● **Task instructions**
Reproduce, exactly and in full, only the lines below from the one containing "result ≡ record" through the one containing "fn after_head(rest: Rest, count: usize)".
Segment Open
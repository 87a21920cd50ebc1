//! Lengths (X.690 8.1.3, 10.1).

ghost use Rattle.std.specs.Prelude.{◌≡◌, ◌≢◌, ◌≤◌, ◌<◌, ◌^◌, ◌*◌, length};
ghost use Rattle.asn1_bits.specs.Bits.{bits};
ghost use Rattle.asn1_x690.specs.Elements.{length_octets, long_length};
ghost use Rattle.asn1_x690_fields.specs.Outcomes.{IsWithin, IsOnward, IsReadAs, IsLength};

use crate::heads::{next_octet, next_octets};
use crate::state::{State, fail};
use asn1_bits::{read_bits, read_wide};
use asn1_x690::FaultKind;

/// Returns the least first octet of a length of `count` octets: one alone is from 128 on, and of
/// others the first is not 0.
#[inline(always)]
fn least_first(count: usize) -> u32
    ensures one { count ≡ 1 → result ≡ 128 }
    ensures more { count ≢ 1 → result ≡ 1 }
{
    if count == 1 { 128 } else { 1 }
}

/// Reads a length of `count` octets, one at least.
fn next_long_length(octets: &[u8], count: usize, node: usize, state: &mut State) -> Option<usize>
    requires size { 8 * length octets.now < 2 ^ 64 }
    requires count { 0 < count }
    requires within { IsWithin (bits octets.now) state.old }
    ensures onward { IsOnward (bits octets.now) state.old state.new }
    ensures read { IsReadAs (long_length node count) IsLength (bits octets.now) state.old state.new result }
{
    let at = next_octets(octets, count, node, state)?;
    let first = read_bits(octets, at, 8);
    if first < least_first(count) {
        fail(state, node, FaultKind::NotMinimal);
        return None;
    }
    if count > 8 {
        return Some(usize::MAX);
    }
    Some(read_wide(octets, at, 8 * count) as usize)
}

/// Reads a length (X.690 8.1.3, 10.1). Returns `usize::MAX` if the length exceeds it.
#[inline(always)]
pub fn next_length(octets: &[u8], node: usize, state: &mut State) -> Option<usize>
    requires size { 8 * length octets.now < 2 ^ 64 }
    requires within { IsWithin (bits octets.now) state.old }
    ensures onward { IsOnward (bits octets.now) state.old state.new }
    ensures read { IsReadAs (length_octets node) IsLength (bits octets.now) state.old state.new result }
{
    let first = next_octet(octets, node, state)?;
    if first < 128 {
        return Some(first as usize);
    }
    if first == 128 {
        fail(state, node, FaultKind::Indefinite);
        return None;
    }
    if first == 255 {
        fail(state, node, FaultKind::Reserved);
        return None;
    }
    next_long_length(octets, (first - 128) as usize, node, state)
}
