//! Bits in fragments (X.691 11.9.3.8), as one string of bits.

ghost use Rattle.std.specs.Prelude.{◌≡◌, ◌+◌, ◌-◌, ◌*◌, ◌^◌, ◌<◌, ◌≤◌, [], length, take, drop};
ghost use Rattle.asn1_bits.specs.Bits.{bits};
ghost use Rattle.asn1_schema.specs.PiecesOfParts.{joined};
ghost use Rattle.asn1_x690_writers.specs.Fragments.{bits_left};
ghost use Rattle.asn1_x691_writers.specs.Written.{IsGrown};

use crate::octets::put_span;
use asn1_schema::{Fragments, Span};
use asn1_x691_writers::clip;

/// The bits in fragments that are not written yet.
#[derive(Clone, Copy, Debug)]
pub(crate) struct Rest {
    /// The first ones, which follow one another in the source.
    pub(crate) head: Span,
    /// The fragments after them.
    pub(crate) others: Fragments,
}

/// Returns all bits in fragments of units of `unit` bits, of which there must be one to eight. The
/// head has some, if there are any.
pub(crate) fn all_of(source: &[u8], unit: usize, fragments: Fragments) -> Rest
    requires source { 8 * length source.now < 2 ^ 64 }
    requires some { 0 < unit }
    requires few { unit ≤ 8 }
    ensures inside { result.head.at + result.head.count ≤ 8 * length source.now }
    ensures same { bits_left unit (bits source.now) result ≡ joined unit (bits source.now) fragments }
    ensures none { result.head.count ≡ 0 → joined unit (bits source.now) fragments ≡ [] }
{
    let size = 8 * source.len();
    if fragments.whole > 0 && fragments.at < size {
        let count = unit * 65_536;
        let head = clip(
            source,
            Span {
                at: fragments.at,
                count,
            },
        );
        let next = fragments.at + (count + 8).min(size - fragments.at);
        return Rest {
            head,
            others: Fragments {
                at: next,
                whole: fragments.whole - 1,
                middle: fragments.middle,
                last: fragments.last,
            },
        };
    }
    let middle = clip(source, fragments.middle);
    let last = clip(source, fragments.last);
    if middle.count > 0 {
        return two_of(middle, last);
    }
    two_of(last, Span { at: 0, count: 0 })
}

/// Returns the bits of two spans.
fn two_of(head: Span, last: Span) -> Rest
    ensures { result ≡ record { head = head; others = record { at = 0; whole = 0; middle = record { at = 0; count = 0 }; last = last } } }
{
    let middle = Span { at: 0, count: 0 };
    Rest {
        head,
        others: Fragments {
            at: 0,
            whole: 0,
            middle,
            last,
        },
    }
}

/// Returns the same bits, of which the head has some, if there are any.
pub(crate) fn with_head(source: &[u8], unit: usize, rest: Rest) -> Rest
    requires source { 8 * length source.now < 2 ^ 64 }
    requires some { 0 < unit }
    requires few { unit ≤ 8 }
    requires inside { rest.head.at + rest.head.count ≤ 8 * length source.now }
    ensures inside { result.head.at + result.head.count ≤ 8 * length source.now }
    ensures same { bits_left unit (bits source.now) result ≡ bits_left unit (bits source.now) rest }
    ensures none { result.head.count ≡ 0 → bits_left unit (bits source.now) rest ≡ [] }
{
    if rest.head.count > 0 {
        return rest;
    }
    all_of(source, unit, rest.others)
}

/// Returns the bits after the first `count`, which must be of the head.
fn after_head(rest: Rest, count: usize) -> Rest
    requires count { count ≤ rest.head.count }
    requires fits { rest.head.at + rest.head.count < 2 ^ 64 }
    ensures at { result.head.at ≡ rest.head.at + count }
    ensures count { result.head.count ≡ rest.head.count - count }
    ensures others { result.others ≡ rest.others }
{
    Rest {
        head: Span {
            at: rest.head.at + count,
            count: rest.head.count - count,
        },
        others: rest.others,
    }
}

/// Returns the bits after the first `count`.
pub(crate) fn skip(source: &[u8], unit: usize, all: Rest, count: usize) -> Rest
    requires source { 8 * length source.now < 2 ^ 64 }
    requires some { 0 < unit }
    requires few { unit ≤ 8 }
    requires inside { all.head.at + all.head.count ≤ 8 * length source.now }
    requires within { count ≤ length (bits_left unit (bits source.now) all) }
    ensures inside { result.head.at + result.head.count ≤ 8 * length source.now }
    ensures same { bits_left unit (bits source.now) result ≡ drop count (bits_left unit (bits source.now) all) }
{
    let mut rest = all;
    let mut left = count;
    while left > 0 {
        let next = with_head(source, unit, rest);
        let some = next.head.count.min(left);
        rest = after_head(next, some);
        left -= some;
    }
    rest
}

/// Writes the first `count` bits. Returns the index after them.
pub(crate) fn put_first(
    octets: &mut [u8],
    at: usize,
    source: &[u8],
    unit: usize,
    all: Rest,
    count: usize,
) -> usize
    requires size { 8 * length octets.old < 2 ^ 64 }
    requires source { 8 * length source.now < 2 ^ 64 }
    requires some { 0 < unit }
    requires few { unit ≤ 8 }
    requires inside { all.head.at + all.head.count ≤ 8 * length source.now }
    requires within { count ≤ length (bits_left unit (bits source.now) all) }
    ensures { IsGrown octets.old at octets.new result (take count (bits_left unit (bits source.now) all)) }
{
    let mut end = at;
    let mut rest = all;
    let mut left = count;
    while left > 0 {
        let next = with_head(source, unit, rest);
        let some = next.head.count.min(left);
        end = put_span(octets, end, source, next.head.at, some);
        rest = after_head(next, some);
        left -= some;
    }
    end
}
Segment Closed
● **Completed task**
    ensures { result ≡ record { head = head; others = record { at = 0; whole = 0; middle = record { at = 0; count = 0 }; last = last } } }
{
    let middle = Span { at: 0, count: 0 };
    Rest {
        head,
        others: Fragments {
            at: 0,
            whole: 0,
            middle,
            last,
        },
    }
}

/// Returns the same bits, of which the head has some, if there are any.
pub(crate) fn with_head(source: &[u8], unit: usize, rest: Rest) -> Rest
    requires source { 8 * length source.now < 2 ^ 64 }
    requires some { 0 < unit }
    requires few { unit ≤ 8 }
    requires inside { rest.head.at + rest.head.count ≤ 8 * length source.now }
    ensures inside { result.head.at + result.head.count ≤ 8 * length source.now }
    ensures same { bits_left unit (bits source.now) result ≡ bits_left unit (bits source.now) rest }
    ensures none { result.head.count ≡ 0 → bits_left unit (bits source.now) rest ≡ [] }
{
    if rest.head.count > 0 {
        return rest;
    }
    all_of(source, unit, rest.others)
}

/// Returns the bits after the first `count`, which must be of the head.
fn after_head(rest: Rest, count: usize) -> Rest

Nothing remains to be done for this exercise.